- EXERCISE DATA

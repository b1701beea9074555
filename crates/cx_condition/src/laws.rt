//! Laws of conditions.
ghost use Rattle.std.specs.Prelude.{◌≡◌, ℕ, suc, ◌<◌, ◌^◌, Bool as boolean, true, false, ◌||◌, pos, negsuc, ◌≤ℤ◌, List as list, [], ◌∷◌, Some, nat_lt};
ghost use Rattle.cx_tokens.specs.declared.token.Token.{Token as token};
ghost use Rattle.cx_tokens.specs.declared.token.Kind.TheVariants as kind_is;
ghost use Rattle.cx_condition.specs.declared.integer.IntegerConstant.{IntegerConstant as integer};
ghost use Rattle.cx_condition.specs.declared.operator.Operator.TheVariants as operator_is;
ghost use Rattle.cx_condition.specs.Conditions.{Reads, Tree, conditional, evaluated, joined, value};
ghost use Rattle.cx_condition.specs.Constants.{integer_constant};
ghost use Rattle.cx_condition.specs.Values.{bits_of, number_of};

/// At most one tree reads a list of tokens.
pub fn one_reading()
    ensures { (tokens : list token) (some other : Tree) → Reads tokens some → Reads tokens other
        → some ≡ other }
{}

/// A side that is not evaluated does not matter for the value (C11 6.5.13 to 6.5.15).
pub fn skipped_sides_are_left_out()
    ensures and { (a some other : Tree) → (evaluated a).bits ≡ Some 0
        → value (joined operator_is.LogicalAnd a some) ≡ value
        (joined operator_is.LogicalAnd a other) }
    ensures or { (a some other : Tree) (n : ℕ) → (evaluated a).bits ≡ Some (suc n)
        → value (joined operator_is.LogicalOr a some) ≡ value
        (joined operator_is.LogicalOr a other) }
    ensures second { (c a some other : Tree) (n : ℕ) → (evaluated c).bits ≡ Some (suc n)
        → (evaluated some).is_unsigned ≡ (evaluated other).is_unsigned
        → value (conditional c a some) ≡ value (conditional c a other) }
    ensures first { (c some other b : Tree) → (evaluated c).bits ≡ Some 0
        → (evaluated some).is_unsigned ≡ (evaluated other).is_unsigned
        → value (conditional c some b) ≡ value (conditional c other b) }
{}

/// A choice has the common type of both sides, whichever is evaluated (C11 6.5.15, paragraph 5).
pub fn choices_have_the_common_type()
    ensures { (c a b : Tree) → (evaluated (conditional c a b)).is_unsigned
        ≡ ((evaluated a).is_unsigned || (evaluated b).is_unsigned) }
{}

/// A number alone is its constant.
pub fn a_number_is_its_constant()
    ensures { (t : token) (c : integer) → t.kind ≡ kind_is.Number → integer_constant t.text ≡ Some c
        → (tree : Tree) × Reads (t ∷ []) tree × (value tree
        ≡ Some (record {
          is_unsigned = c.is_unsigned || nat_lt 9223372036854775807 c.value;
          bits
              = c.value;
        })) }
{}

/// 64 bits stand for a number in the range of their type, and no others for the same.
pub fn bits_are_of_their_range()
    ensures unsigned { (n : ℕ) → n < 2 ^ 64
        → (pos 0 ≤ℤ number_of true n) × (number_of true n ≤ℤ pos 18446744073709551615) }
    ensures signed { (n : ℕ) → n < 2 ^ 64
        → (negsuc 9223372036854775807 ≤ℤ number_of false n) ×
        (number_of false n ≤ℤ pos 9223372036854775807) }
    ensures once { (u : boolean) (n : ℕ) → n < 2 ^ 64 → bits_of (number_of u n) ≡ n }
{}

- YOUR OBJECTIVE
Restate the full data above, keeping each word intact.

- YOUR SOLUTION
repository b1701beea9074555
filename crates/cx_condition/src/laws.rt
//! Laws of conditions.
ghost use Rattle.std.specs.Prelude.{◌≡◌, ℕ, suc, ◌<◌, ◌^◌, Bool as boolean, true, false, ◌||◌, pos, negsuc, ◌≤ℤ◌, List as list, [], ◌∷◌, Some, nat_lt};
ghost use Rattle.cx_tokens.specs.declared.token.Token.{Token as token};
ghost use Rattle.cx_tokens.specs.declared.token.Kind.TheVariants as kind_is;
ghost use Rattle.cx_condition.specs.declared.integer.IntegerConstant.{IntegerConstant as integer};
ghost use Rattle.cx_condition.specs.declared.operator.Operator.TheVariants as operator_is;
ghost use Rattle.cx_condition.specs.Conditions.{Reads, Tree, conditional, evaluated, joined, value};
ghost use Rattle.cx_condition.specs.Constants.{integer_constant};
ghost use Rattle.cx_condition.specs.Values.{bits_of, number_of};

/// At most one tree reads a list of tokens.
pub fn one_reading()
    ensures { (tokens : list token) (some other : Tree) → Reads tokens some → Reads tokens other
        → some ≡ other }
{}

/// A side that is not evaluated does not matter for the value (C11 6.5.13 to 6.5.15).
pub fn skipped_sides_are_left_out()
    ensures and { (a some other : Tree) → (evaluated a).bits ≡ Some 0
        → value (joined operator_is.LogicalAnd a some) ≡ value
        (joined operator_is.LogicalAnd a other) }
    ensures or { (a some other : Tree) (n : ℕ) → (evaluated a).bits ≡ Some (suc n)
        → value (joined operator_is.LogicalOr a some) ≡ value
        (joined operator_is.LogicalOr a other) }
    ensures second { (c a some other : Tree) (n : ℕ) → (evaluated c).bits ≡ Some (suc n)
        → (evaluated some).is_unsigned ≡ (evaluated other).is_unsigned
        → value (conditional c a some) ≡ value (conditional c a other) }
    ensures first { (c some other b : Tree) → (evaluated c).bits ≡ Some 0
        → (evaluated some).is_unsigned ≡ (evaluated other).is_unsigned
        → value (conditional c some b) ≡ value (conditional c other b) }
{}

/// A choice has the common type of both sides, whichever is evaluated (C11 6.5.15, paragraph 5).
pub fn choices_have_the_common_type()
    ensures { (c a b : Tree) → (evaluated (conditional c a b)).is_unsigned
        ≡ ((evaluated a).is_unsigned || (evaluated b).is_unsigned) }
{}

/// A number alone is its constant.
pub fn a_number_is_its_constant()
    ensures { (t : token) (c : integer) → t.kind ≡ kind_is.Number → integer_constant t.text ≡ Some c
        → (tree : Tree) × Reads (t ∷ []) tree × (value tree
        ≡ Some (record {
          is_unsigned = c.is_unsigned || nat_lt 9223372036854775807 c.value;
          bits
              = c.value;
        })) }
{}

/// 64 bits stand for a number in the range of their type, and no others for the same.
pub fn bits_are_of_their_range()
    ensures unsigned { (n : ℕ) → n < 2 ^ 64
        → (pos 0 ≤ℤ number_of true n) × (number_of true n ≤ℤ pos 18446744073709551615) }
    ensures signed { (n : ℕ) → n < 2 ^ 64
        → (negsuc 9223372036854775807 ≤ℤ number_of false n) ×
        (number_of false n ≤ℤ pos 9223372036854775807) }
    ensures once { (u : boolean) (n : ℕ) → n < 2 ^ 64 → bits_of (number_of u n) ≡ n }
{}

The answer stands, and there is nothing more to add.